Was aber folgt danach? Wollen wir weiter über ein Instrument des Arbeitens reden und damit die Debatte und die Digitalisierung zum Selbstzweck werden lassen? Oder wollen wir nicht lieber endlich fragen, zu welchen weiteren Implikationen dieses Instrument führen könnte und welchem Zweck das Instrument denn eigentlich dienen soll? Ansonsten laufen wir Gefahr, unreflektiert den digitalen Taylorismus und die weitere sinnbefreite Verdichtung der Arbeit zu befördern.

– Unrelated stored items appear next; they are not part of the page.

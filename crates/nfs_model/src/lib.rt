//! Definitions that every layer speaks of, and no code: the server that answers one call at a time,
//! what is seen of an engine, its events, and what holds after each of them.
#![tactic(auto)]

pub mod volume;
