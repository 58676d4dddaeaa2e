//! The state of a volume as plain records, one for each type that keeps a part of it, and the
//! changes that are made to them. Definitions, and no code.
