// The expression at a level whose first form was read.
#[cycle(parse)]
#[tactic(auto, unfolding(crate::specs::reading::Descent::from_form))]
fn from_form<'a>(
    alloc: Global,
    types: &Names,
    allowed: u32,
    at: u32,
    first: Found<'a>,
) -> Result<Tried<'a, Found<'a>>, NoMemory>
    requires few { allowed ≤ 499 }
    requires small { first.height ≤ allowed + 1 }
    ensures value { IfOk result (λ found. seen_found found
        ≡ from_form (reads types.now allowed) at allowed (tree_of first.entry.expr.value) first.entry.rest.now) }
    ensures low { IfOk result (λ found. IfFound found (λ f. f.height ≤ allowed + 1)) }
{
    if at <= level_of(&first.expr) {
        return Ok(Tried::Found(steps(alloc, types, allowed, at, first)?));
    }
    Ok(Tried::Stuck(first.rest))
}

// The expression with all the operators that follow.
#[cycle(parse)]
fn steps<'a>(
    alloc: Global,
    types: &Names,
    allowed: u32,
    at: u32,
    first: Found<'a>,
) -> Result<Found<'a>, NoMemory>
    requires few { allowed ≤ 499 }
    requires small { first.height ≤ allowed + 1 }
    ensures value { IfOk result (λ f. pair_of f
        ≡ steps (reads types.now allowed) at allowed (suc allowed)
        (tree_of first.entry.expr.value) first.entry.rest.now) }
    ensures low { IfOk result (λ f. f.height ≤ allowed + 1) }
{
    let mut found = first;
    let limit = allowed + 1;
    'operators: for _i in 0..limit {
        match step(alloc, types, allowed, at, found)? {
            Stepped::On(next) => found = next,
            Stepped::Stop(last) => return Ok(last),
        }
    }
    Ok(found)
}
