//! Progress: that a run goes on. In each world that is reached whoever's turn it is may act, whatever its action leaves
//! open, and is led on or to the error of its action; while the initial section is not done it is its turn, and then
//! each task that waits may be woken. So a run ends where all are done, or wait for mutexes that others hold, and
//! nowhere else. Each law is the contract of a function that does nothing. What an action may be, this crate takes from
//! the laws of next actions; it holds no code.
//!
//! In `volatile int x; int y; __task(1) void t(void) { y = x; }` the task may be woken at the start. Then it is its
//! turn, and each `int` is a choice: a step that allowed none of them would make each claim of the analysis true.
#![tactic(auto)]

mod laws;

pub use laws::{
    actions_are_answerable, blocked_await_holders, ends_are_done, progress_is_made,
    runs_end_at_rest,
};
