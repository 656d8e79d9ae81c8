//! Tables of states.
ghost use Rattle.std.specs.Prelude.{◌≡◌, ℕ, length, None, IfOk, slice_index_or};

use std::alloc::Global;
use tm_lattice::NoMemory;

/// Bottom at each node.
pub fn no_states<S: Drop>(alloc: Global, nodes: usize) -> Result<Vec<Option<S>>, NoMemory>
    ensures { IfOk result (λ table. (length table.items ≡ nodes)
        × ((n : ℕ) → slice_index_or table.items n None ≡ None)) }
{
    let mut table = Vec::new(alloc);
    for _ in 0..nodes {
        table.push(None)?;
    }
    Ok(table)
}
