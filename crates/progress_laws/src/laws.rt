//! Laws of progress.
ghost use Rattle.progress_laws.specs.Progress.{ActionsAreAnswerable, ProgressIsMade, EndsAreDone};
ghost use Rattle.progress_laws.specs.Progress.{RunsEndAtRest, BlockedAwaitHolders};

/// After whatever answers, fitting or not, some number answers a task's next action: a volatile load is one of an
/// integer, and the bounds of a choice are in order.
pub fn actions_are_answerable()
    ensures { ActionsAreAnswerable }
{}

/// In each world that is reached, whose turn it is has not come to its end; each number that its action leaves open is
/// allowed, and leads on or to the action's error; and there is such a number. While the initial section is not done it
/// is its turn. Once it is done, or where there is none, each task that waits may be woken.
pub fn progress_is_made()
    ensures { ProgressIsMade }
{}

/// In each world that is reached, whoever has come to its end is done.
pub fn ends_are_done()
    ensures { EndsAreDone }
{}

/// In each world that is reached, where no choice is allowed each task, and the initial section, is done or waits for a
/// mutex.
pub fn runs_end_at_rest()
    ensures { RunsEndAtRest }
{}

/// In each world that is reached, whoever is blocked waits for a mutex that another holds.
pub fn blocked_await_holders()
    ensures { BlockedAwaitHolders }
{}
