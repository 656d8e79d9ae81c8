//! The laws of least solutions. They speak of definitions alone: no call is made.
ghost use Rattle.std.specs.Prelude.{◌≡◌, ◌↔◌, ◌<◌, ℕ};
ghost use Rattle.tm_lattice.specs.Tables.{IsBelow};
ghost use Rattle.table_covers.specs.Solutions.{NodeTable, AreFitting, IsNodewiseBelow, IsCovered, IsClosedTable};
ghost use Rattle.table_covers.specs.Solutions.{IsLeastSolution, all_applied, least_of};

use crate::equations::Equations;

/// A node is covered exactly where applying all equations at once gives no more there. A closed table that lies below
/// every closed table is the least solution, and the least solution is closed. The equations applied again and again
/// from bottom end in the least solution, and two least solutions are equal at each node.
pub fn least_solutions<E: Equations>()
    ensures covered { (system : E) (table : NodeTable E.State) (n : ℕ) → E.is_system system
        → AreFitting E.State.Lattice (E.fits system) (E.system_of system) table → n < (E.system_of system).node_count
        → IsCovered E.State.Lattice (E.fits system) (E.system_of system) table n
        ↔ IsBelow E.State.leq (all_applied E.State.Lattice (E.fits system) (E.system_of system) table n) (table n) }
    ensures from_closed { (system : E) (table : NodeTable E.State) → E.is_system system
        → IsClosedTable E.State.Lattice (E.fits system) (E.system_of system) table
        → ((other : NodeTable E.State) → IsClosedTable E.State.Lattice (E.fits system) (E.system_of system) other
        → IsNodewiseBelow E.State.Lattice (E.fits system) (E.system_of system) table other)
        → IsLeastSolution E.State.Lattice (E.fits system) (E.system_of system) table }
    ensures is_closed { (system : E) (table : NodeTable E.State) → E.is_system system
        → IsLeastSolution E.State.Lattice (E.fits system) (E.system_of system) table
        → IsClosedTable E.State.Lattice (E.fits system) (E.system_of system) table }
    ensures exists { (system : E) → E.is_system system
        → IsLeastSolution E.State.Lattice (E.fits system) (E.system_of system)
        (least_of E.State.Lattice (E.fits system) (E.system_of system)) }
    ensures one { (system : E) (one other : NodeTable E.State) (n : ℕ) → E.is_system system
        → IsLeastSolution E.State.Lattice (E.fits system) (E.system_of system) one
        → IsLeastSolution E.State.Lattice (E.fits system) (E.system_of system) other
        → n < (E.system_of system).node_count → one n ≡ other n }
{}
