//! The edges of a graph.

/// An edge from a node to a node.
#[derive(Clone, Copy)]
pub struct Link {
    /// The node that it leaves.
    pub from: usize,
    /// The node to which it leads.
    pub to: usize,
}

Und am Ende würde man sich fragen, ob diese Digitalisierung aus Sicht der Beschäftigten nicht doch ein unnötiges Eigentor gewesen ist, das man zugelassen hat, weil man hoffte, irgendwann von allein auf den Sinn der digitalen Transformation zu kommen – jenseits der Einkommenssteigerung der Vorstände und Geschäftsführungen.

Neue Arbeit braucht auch neue Vergütungsmodelle

Mehr Eigenverantwortung im Zuge von New Work funktioniert beispielsweise auf Dauer nicht ohne „New Pay“: Agiles Projektmanagement als wichtiges Instrument von New-Work-Methoden bedeutet im Idealfall, dass Vorgesetzte tendenziell zum Coach werden, dass formale Hierarchien durch Kompetenzhierarchien abgelöst werden, dass die individuelle Verantwortlichkeit im Rahmen der eigenen Kompetenzhoheit ansteigt, dass die Einflussnahme auf wichtige Entscheidungen zunimmt.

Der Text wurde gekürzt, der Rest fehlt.